Exercise aim >> Repeat the entries. Each one must match exactly.

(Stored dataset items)
....

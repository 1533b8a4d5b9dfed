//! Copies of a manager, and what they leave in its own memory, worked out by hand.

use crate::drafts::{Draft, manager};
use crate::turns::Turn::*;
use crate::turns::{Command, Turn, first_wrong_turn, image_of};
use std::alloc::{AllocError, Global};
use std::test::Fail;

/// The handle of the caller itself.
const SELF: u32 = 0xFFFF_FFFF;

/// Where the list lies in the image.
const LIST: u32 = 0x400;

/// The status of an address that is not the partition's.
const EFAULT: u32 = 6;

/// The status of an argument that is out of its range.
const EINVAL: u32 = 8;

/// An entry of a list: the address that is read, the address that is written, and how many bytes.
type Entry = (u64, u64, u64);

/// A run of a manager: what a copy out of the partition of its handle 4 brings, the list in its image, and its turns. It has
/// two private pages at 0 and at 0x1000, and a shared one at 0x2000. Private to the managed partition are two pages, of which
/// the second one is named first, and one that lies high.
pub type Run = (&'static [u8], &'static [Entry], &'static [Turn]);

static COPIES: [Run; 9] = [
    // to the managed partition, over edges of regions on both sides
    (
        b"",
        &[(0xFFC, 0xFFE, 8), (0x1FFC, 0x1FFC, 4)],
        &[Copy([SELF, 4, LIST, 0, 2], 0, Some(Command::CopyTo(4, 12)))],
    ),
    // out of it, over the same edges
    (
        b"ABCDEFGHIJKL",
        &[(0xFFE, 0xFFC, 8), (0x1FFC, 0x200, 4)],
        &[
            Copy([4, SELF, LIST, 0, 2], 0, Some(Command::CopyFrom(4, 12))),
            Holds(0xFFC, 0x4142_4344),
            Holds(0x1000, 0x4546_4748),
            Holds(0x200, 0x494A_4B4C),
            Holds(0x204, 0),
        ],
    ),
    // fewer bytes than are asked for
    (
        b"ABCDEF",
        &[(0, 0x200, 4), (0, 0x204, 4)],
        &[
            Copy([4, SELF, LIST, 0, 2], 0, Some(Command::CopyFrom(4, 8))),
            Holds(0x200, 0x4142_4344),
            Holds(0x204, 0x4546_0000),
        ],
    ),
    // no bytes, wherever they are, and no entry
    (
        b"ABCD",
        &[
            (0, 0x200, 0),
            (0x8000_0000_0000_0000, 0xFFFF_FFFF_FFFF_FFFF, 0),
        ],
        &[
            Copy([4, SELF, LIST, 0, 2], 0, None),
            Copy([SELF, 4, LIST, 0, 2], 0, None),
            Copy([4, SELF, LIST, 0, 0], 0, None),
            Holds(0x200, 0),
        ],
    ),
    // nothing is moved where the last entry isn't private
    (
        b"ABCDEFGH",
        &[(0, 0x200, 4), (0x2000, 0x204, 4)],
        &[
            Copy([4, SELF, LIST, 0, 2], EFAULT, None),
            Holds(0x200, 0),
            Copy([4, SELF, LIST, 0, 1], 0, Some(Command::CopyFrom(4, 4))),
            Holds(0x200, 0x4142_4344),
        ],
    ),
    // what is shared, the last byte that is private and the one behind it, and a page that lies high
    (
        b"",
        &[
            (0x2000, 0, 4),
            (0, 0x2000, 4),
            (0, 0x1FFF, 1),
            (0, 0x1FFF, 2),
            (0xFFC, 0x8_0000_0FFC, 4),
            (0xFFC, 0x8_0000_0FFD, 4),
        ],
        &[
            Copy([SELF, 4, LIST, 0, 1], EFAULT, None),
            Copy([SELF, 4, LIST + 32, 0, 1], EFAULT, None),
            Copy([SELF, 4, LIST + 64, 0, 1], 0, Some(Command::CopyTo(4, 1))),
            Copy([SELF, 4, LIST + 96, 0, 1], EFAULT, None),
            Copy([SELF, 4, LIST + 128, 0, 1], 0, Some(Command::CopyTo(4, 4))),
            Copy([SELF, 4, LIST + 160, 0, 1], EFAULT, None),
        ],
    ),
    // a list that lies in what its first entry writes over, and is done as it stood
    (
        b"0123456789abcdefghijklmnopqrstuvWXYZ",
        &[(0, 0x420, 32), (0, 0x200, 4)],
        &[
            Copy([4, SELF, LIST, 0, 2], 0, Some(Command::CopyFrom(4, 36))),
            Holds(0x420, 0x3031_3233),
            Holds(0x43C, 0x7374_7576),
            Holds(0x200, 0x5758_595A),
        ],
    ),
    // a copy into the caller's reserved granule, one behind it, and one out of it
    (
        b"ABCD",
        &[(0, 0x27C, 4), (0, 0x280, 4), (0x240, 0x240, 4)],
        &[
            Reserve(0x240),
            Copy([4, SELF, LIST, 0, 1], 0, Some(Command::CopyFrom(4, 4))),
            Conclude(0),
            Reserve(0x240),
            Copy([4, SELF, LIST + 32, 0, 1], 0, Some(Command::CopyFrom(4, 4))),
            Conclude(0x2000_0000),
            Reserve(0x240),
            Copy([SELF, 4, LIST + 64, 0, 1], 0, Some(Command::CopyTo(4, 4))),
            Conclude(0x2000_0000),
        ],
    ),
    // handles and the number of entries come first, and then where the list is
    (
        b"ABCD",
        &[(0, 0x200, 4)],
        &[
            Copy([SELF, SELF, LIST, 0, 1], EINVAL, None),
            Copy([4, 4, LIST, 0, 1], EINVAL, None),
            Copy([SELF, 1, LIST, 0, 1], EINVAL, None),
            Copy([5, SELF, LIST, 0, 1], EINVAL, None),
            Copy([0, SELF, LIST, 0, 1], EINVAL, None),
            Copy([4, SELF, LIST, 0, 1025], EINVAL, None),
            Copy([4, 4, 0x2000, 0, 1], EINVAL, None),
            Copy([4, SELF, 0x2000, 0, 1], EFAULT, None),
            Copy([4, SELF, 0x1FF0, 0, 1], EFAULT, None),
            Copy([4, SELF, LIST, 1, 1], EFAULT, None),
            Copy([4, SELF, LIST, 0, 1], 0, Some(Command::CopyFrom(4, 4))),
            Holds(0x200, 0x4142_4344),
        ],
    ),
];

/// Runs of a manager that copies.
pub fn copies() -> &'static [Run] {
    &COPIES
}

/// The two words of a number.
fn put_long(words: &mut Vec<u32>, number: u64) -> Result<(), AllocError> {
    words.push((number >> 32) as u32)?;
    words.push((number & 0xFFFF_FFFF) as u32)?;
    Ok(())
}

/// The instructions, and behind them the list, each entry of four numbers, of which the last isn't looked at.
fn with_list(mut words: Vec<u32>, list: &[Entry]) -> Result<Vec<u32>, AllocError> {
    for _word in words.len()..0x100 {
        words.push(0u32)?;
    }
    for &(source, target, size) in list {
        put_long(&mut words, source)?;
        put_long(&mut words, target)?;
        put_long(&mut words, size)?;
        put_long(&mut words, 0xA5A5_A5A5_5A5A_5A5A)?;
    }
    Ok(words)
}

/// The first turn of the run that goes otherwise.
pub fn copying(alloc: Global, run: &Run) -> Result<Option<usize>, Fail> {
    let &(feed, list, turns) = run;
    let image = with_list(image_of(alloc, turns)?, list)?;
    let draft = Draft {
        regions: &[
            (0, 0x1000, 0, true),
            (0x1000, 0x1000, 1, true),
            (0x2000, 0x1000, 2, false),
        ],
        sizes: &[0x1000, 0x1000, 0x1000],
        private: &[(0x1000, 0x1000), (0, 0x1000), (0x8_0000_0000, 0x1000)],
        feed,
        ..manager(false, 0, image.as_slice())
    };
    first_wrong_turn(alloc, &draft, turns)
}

....

Answer for this exercise >>
repository 1533b8a4d5b9dfed
//! Copies of a manager, and what they leave in its own memory, worked out by hand.

use crate::drafts::{Draft, manager};
use crate::turns::Turn::*;
use crate::turns::{Command, Turn, first_wrong_turn, image_of};
use std::alloc::{AllocError, Global};
use std::test::Fail;

/// The handle of the caller itself.
const SELF: u32 = 0xFFFF_FFFF;

/// Where the list lies in the image.
const LIST: u32 = 0x400;

/// The status of an address that is not the partition's.
const EFAULT: u32 = 6;

/// The status of an argument that is out of its range.
const EINVAL: u32 = 8;

/// An entry of a list: the address that is read, the address that is written, and how many bytes.
type Entry = (u64, u64, u64);

/// A run of a manager: what a copy out of the partition of its handle 4 brings, the list in its image, and its turns. It has
/// two private pages at 0 and at 0x1000, and a shared one at 0x2000. Private to the managed partition are two pages, of which
/// the second one is named first, and one that lies high.
pub type Run = (&'static [u8], &'static [Entry], &'static [Turn]);

static COPIES: [Run; 9] = [
    // to the managed partition, over edges of regions on both sides
    (
        b"",
        &[(0xFFC, 0xFFE, 8), (0x1FFC, 0x1FFC, 4)],
        &[Copy([SELF, 4, LIST, 0, 2], 0, Some(Command::CopyTo(4, 12)))],
    ),
    // out of it, over the same edges
    (
        b"ABCDEFGHIJKL",
        &[(0xFFE, 0xFFC, 8), (0x1FFC, 0x200, 4)],
        &[
            Copy([4, SELF, LIST, 0, 2], 0, Some(Command::CopyFrom(4, 12))),
            Holds(0xFFC, 0x4142_4344),
            Holds(0x1000, 0x4546_4748),
            Holds(0x200, 0x494A_4B4C),
            Holds(0x204, 0),
        ],
    ),
    // fewer bytes than are asked for
    (
        b"ABCDEF",
        &[(0, 0x200, 4), (0, 0x204, 4)],
        &[
            Copy([4, SELF, LIST, 0, 2], 0, Some(Command::CopyFrom(4, 8))),
            Holds(0x200, 0x4142_4344),
            Holds(0x204, 0x4546_0000),
        ],
    ),
    // no bytes, wherever they are, and no entry
    (
        b"ABCD",
        &[
            (0, 0x200, 0),
            (0x8000_0000_0000_0000, 0xFFFF_FFFF_FFFF_FFFF, 0),
        ],
        &[
            Copy([4, SELF, LIST, 0, 2], 0, None),
            Copy([SELF, 4, LIST, 0, 2], 0, None),
            Copy([4, SELF, LIST, 0, 0], 0, None),
            Holds(0x200, 0),
        ],
    ),
    // nothing is moved where the last entry isn't private
    (
        b"ABCDEFGH",
        &[(0, 0x200, 4), (0x2000, 0x204, 4)],
        &[
            Copy([4, SELF, LIST, 0, 2], EFAULT, None),
            Holds(0x200, 0),
            Copy([4, SELF, LIST, 0, 1], 0, Some(Command::CopyFrom(4, 4))),
            Holds(0x200, 0x4142_4344),
        ],
    ),
    // what is shared, the last byte that is private and the one behind it, and a page that lies high
    (
        b"",
        &[
            (0x2000, 0, 4),
            (0, 0x2000, 4),
            (0, 0x1FFF, 1),
            (0, 0x1FFF, 2),
            (0xFFC, 0x8_0000_0FFC, 4),
            (0xFFC, 0x8_0000_0FFD, 4),
        ],
        &[
            Copy([SELF, 4, LIST, 0, 1], EFAULT, None),
            Copy([SELF, 4, LIST + 32, 0, 1], EFAULT, None),
            Copy([SELF, 4, LIST + 64, 0, 1], 0, Some(Command::CopyTo(4, 1))),
            Copy([SELF, 4, LIST + 96, 0, 1], EFAULT, None),
            Copy([SELF, 4, LIST + 128, 0, 1], 0, Some(Command::CopyTo(4, 4))),
            Copy([SELF, 4, LIST + 160, 0, 1], EFAULT, None),
        ],
    ),
    // a list that lies in what its first entry writes over, and is done as it stood
    (
        b"0123456789abcdefghijklmnopqrstuvWXYZ",
        &[(0, 0x420, 32), (0, 0x200, 4)],
        &[
            Copy([4, SELF, LIST, 0, 2], 0, Some(Command::CopyFrom(4, 36))),
            Holds(0x420, 0x3031_3233),
            Holds(0x43C, 0x7374_7576),
            Holds(0x200, 0x5758_595A),
        ],
    ),
    // a copy into the caller's reserved granule, one behind it, and one out of it
    (
        b"ABCD",
        &[(0, 0x27C, 4), (0, 0x280, 4), (0x240, 0x240, 4)],
        &[
            Reserve(0x240),
            Copy([4, SELF, LIST, 0, 1], 0, Some(Command::CopyFrom(4, 4))),
            Conclude(0),
            Reserve(0x240),
            Copy([4, SELF, LIST + 32, 0, 1], 0, Some(Command::CopyFrom(4, 4))),
            Conclude(0x2000_0000),
            Reserve(0x240),
            Copy([SELF, 4, LIST + 64, 0, 1], 0, Some(Command::CopyTo(4, 4))),
            Conclude(0x2000_0000),
        ],
    ),
    // handles and the number of entries come first, and then where the list is
    (
        b"ABCD",
        &[(0, 0x200, 4)],
        &[
            Copy([SELF, SELF, LIST, 0, 1], EINVAL, None),
            Copy([4, 4, LIST, 0, 1], EINVAL, None),
            Copy([SELF, 1, LIST, 0, 1], EINVAL, None),
            Copy([5, SELF, LIST, 0, 1], EINVAL, None),
            Copy([0, SELF, LIST, 0, 1], EINVAL, None),
            Copy([4, SELF, LIST, 0, 1025], EINVAL, None),
            Copy([4, 4, 0x2000, 0, 1], EINVAL, None),
            Copy([4, SELF, 0x2000, 0, 1], EFAULT, None),
            Copy([4, SELF, 0x1FF0, 0, 1], EFAULT, None),
            Copy([4, SELF, LIST, 1, 1], EFAULT, None),
            Copy([4, SELF, LIST, 0, 1], 0, Some(Command::CopyFrom(4, 4))),
            Holds(0x200, 0x4142_4344),
        ],
    ),
];

/// Runs of a manager that copies.
pub fn copies() -> &'static [Run] {
    &COPIES
}

/// The two words of a number.
fn put_long(words: &mut Vec<u32>, number: u64) -> Result<(), AllocError> {
    words.push((number >> 32) as u32)?;
    words.push((number & 0xFFFF_FFFF) as u32)?;
    Ok(())
}

/// The instructions, and behind them the list, each entry of four numbers, of which the last isn't looked at.
fn with_list(mut words: Vec<u32>, list: &[Entry]) -> Result<Vec<u32>, AllocError> {
    for _word in words.len()..0x100 {
        words.push(0u32)?;
    }
    for &(source, target, size) in list {
        put_long(&mut words, source)?;
        put_long(&mut words, target)?;
        put_long(&mut words, size)?;
        put_long(&mut words, 0xA5A5_A5A5_5A5A_5A5A)?;
    }
    Ok(words)
}

/// The first turn of the run that goes otherwise.
pub fn copying(alloc: Global, run: &Run) -> Result<Option<usize>, Fail> {
    let &(feed, list, turns) = run;
    let image = with_list(image_of(alloc, turns)?, list)?;
    let draft = Draft {
        regions: &[
            (0, 0x1000, 0, true),
            (0x1000, 0x1000, 1, true),
            (0x2000, 0x1000, 2, false),
        ],
        sizes: &[0x1000, 0x1000, 0x1000],
        private: &[(0x1000, 0x1000), (0, 0x1000), (0x8_0000_0000, 0x1000)],
        feed,
        ..manager(false, 0, image.as_slice())
    };
    first_wrong_turn(alloc, &draft, turns)
}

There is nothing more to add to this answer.